# What is needed:
Which lines of the entries contain the word "impl"? Please list them.

(Beginning of Dataset extract)

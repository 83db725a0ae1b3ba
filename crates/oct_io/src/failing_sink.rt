//! Bytes written to memory, where chosen writes fail.
ghost use Rattle.std.specs.Prelude.{◌≡◌, ◌<◌, ◌≤◌, ◌++◌, [], Some, Err, length, min, take};
ghost use Rattle.std.specs.Prelude.{IfOk, OnErr, IsErrOf, true};
ghost use Rattle.oct_io.specs.Counts.{IsWriteCounted};
ghost use Rattle.oct_io.specs.Failing.{fails_next, with_call, failed_of};

use crate::calls::{Calls, KeptList};
use crate::memory_sink::MemorySink;
use crate::sink::{Sink, SinkFault};
use std::alloc::Global;

/// Bytes that are written to memory in pieces of a greatest length, where the writes of some
/// numbers fail.
#[derive(Drop)]
pub struct FailingSink {
    receipt: MemorySink,
    calls: Calls,
}

impl FailingSink {
    /// A sink with nothing written to it, of which a write takes `most` bytes at most. The writes
    /// that fail are those whose numbers, from 1 on, are in `fails`.
    pub fn new(alloc: Global, most: usize, fails: KeptList) -> Self
        requires { 0 < most }
        ensures written { result.receipt.written ≡ [] }
        ensures most { result.receipt.most ≡ most }
        ensures shortages { result.receipt.shortages ≡ 0 }
        ensures calls { result.calls ≡ record { fails = fails; count = 0 } }
    {
        FailingSink {
            receipt: MemorySink::new(alloc, most),
            calls: Calls::new(fails),
        }
    }

    /// The bytes that were written so far.
    pub fn written(&self) -> &[u8]
        ensures { result.now ≡ self.now.receipt.written }
    {
        self.receipt.written()
    }
}

impl Sink for FailingSink {
    ghost written = { λ s. Some s.receipt.written };

    ghost faults = { λ s. failed_of s.calls };

    ghost shortages = { λ s. s.receipt.shortages };

    fn write(&mut self, piece: &[u8]) -> Result<usize, SinkFault>
        ensures fails { IsErrOf result SinkFault.Failed → fails_next self.old.calls ≡ true }
        ensures fails_so { fails_next self.old.calls ≡ true → result ≡ Err SinkFault.Failed }
        ensures counted { self.new.calls ≡ with_call self.old.calls }
        ensures full { IfOk result (λ n. n ≡ min self.old.receipt.most (length piece.now)) }
        ensures most { self.new.receipt.most ≡ self.old.receipt.most }
        ensures within { IfOk result (λ n. n ≤ length piece.now) }
        ensures some { IfOk result (λ n. 0 < length piece.now → 0 < n) }
        ensures appended { IfOk result
            (λ n. self.new.receipt.written ≡ self.old.receipt.written ++ take n piece.now) }
        ensures err { OnErr result (self.new.receipt.written ≡ self.old.receipt.written) }
        ensures memory { IsErrOf result SinkFault.Memory → 0 < length piece.now }
        ensures counts { IsWriteCounted result
            (failed_of self.old.calls) (failed_of self.new.calls)
            self.old.receipt.shortages self.new.receipt.shortages }
    {
        if self.calls.next_fails() {
            return Err(SinkFault::Failed);
        }
        self.receipt.write(piece)
    }
}
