//! A writer of std that replies or a file go to.
ghost use Rattle.std.specs.Prelude.{◌≡◌, ◌<◌, ◌≤◌, ◌↔◌, None, length, IfOk};
ghost use Rattle.std.specs.IoError.{error_kind};
ghost use Rattle.std.specs.Io.KnownBytes.{WriteAppends};
ghost use Rattle.oct_io.specs.Counts.{IsWriteCounted};

use crate::sink::{Sink, SinkFault};
use std::io;
use std::io::{ErrorKind, Write};
use std::marker::Model;

/// A writer of std, which tells nothing of its bytes.
#[derive(Drop)]
pub struct StdSink<W: Write + Drop> {
    writer: W,
    faults: u64,
    shortages: u64,
}

impl<W: Write + Drop> Model for StdSink<W> {
    ghost use Rattle.oct_io.specs.Held.{Writing};

    ghost Value = { Writing };

    ghost view = { λ s. record {
      told = W.contents s.writer;
      faults = s.faults;
      shortages = s.shortages;
    } };
}

impl<W: Write + Drop> StdSink<W> {
    /// A sink over this writer, of which no write has failed or run out of memory yet.
    pub fn new(writer: W) -> Self
        ensures told { result.told ≡ W.contents writer }
        ensures faults { result.faults ≡ 0 }
        ensures shortages { result.shortages ≡ 0 }
    {
        StdSink {
            writer,
            faults: 0,
            shortages: 0,
        }
    }
}

/// What the error of a writer is to a sink: out of memory stays that, and all else is a failure.
fn fault_of(error: &io::Error) -> SinkFault
    ensures { (result ≡ SinkFault.Memory) ↔ (error_kind error.now ≡ ErrorKind.OutOfMemory) }
{
    match error.kind() {
        ErrorKind::OutOfMemory => SinkFault::Memory,
        _ => SinkFault::Failed,
    }
}

impl<W: Write + Drop> Sink for StdSink<W> {
    ghost written = { λ _. None };

    ghost faults = { λ s. s.faults };

    ghost shortages = { λ s. s.shortages };

    /// A writer that takes nothing of a piece that isn't empty has failed.
    fn write(&mut self, piece: &[u8]) -> Result<usize, SinkFault>
        ensures passes { WriteAppends self.old.told self.new.told result piece.now }
        ensures within { IfOk result (λ n. n ≤ length piece.now) }
        ensures some { IfOk result (λ n. 0 < length piece.now → 0 < n) }
        ensures counts { IsWriteCounted result self.old.faults self.new.faults
            self.old.shortages self.new.shortages }
    {
        let fault = match self.writer.write(piece) {
            Ok(count) if count > 0 || piece.is_empty() => return Ok(count),
            Ok(_) => SinkFault::Failed,
            Err(error) => fault_of(&error),
        };
        match fault {
            SinkFault::Failed => self.faults = self.faults.saturating_add(1),
            SinkFault::Memory => self.shortages = self.shortages.saturating_add(1),
        }
        Err(fault)
    }
}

(End of Dataset extract)

# Solution:
impl FailingSink {
impl Sink for FailingSink {
impl<W: Write + Drop> Model for StdSink<W> {
impl<W: Write + Drop> StdSink<W> {
impl<W: Write + Drop> Sink for StdSink<W> {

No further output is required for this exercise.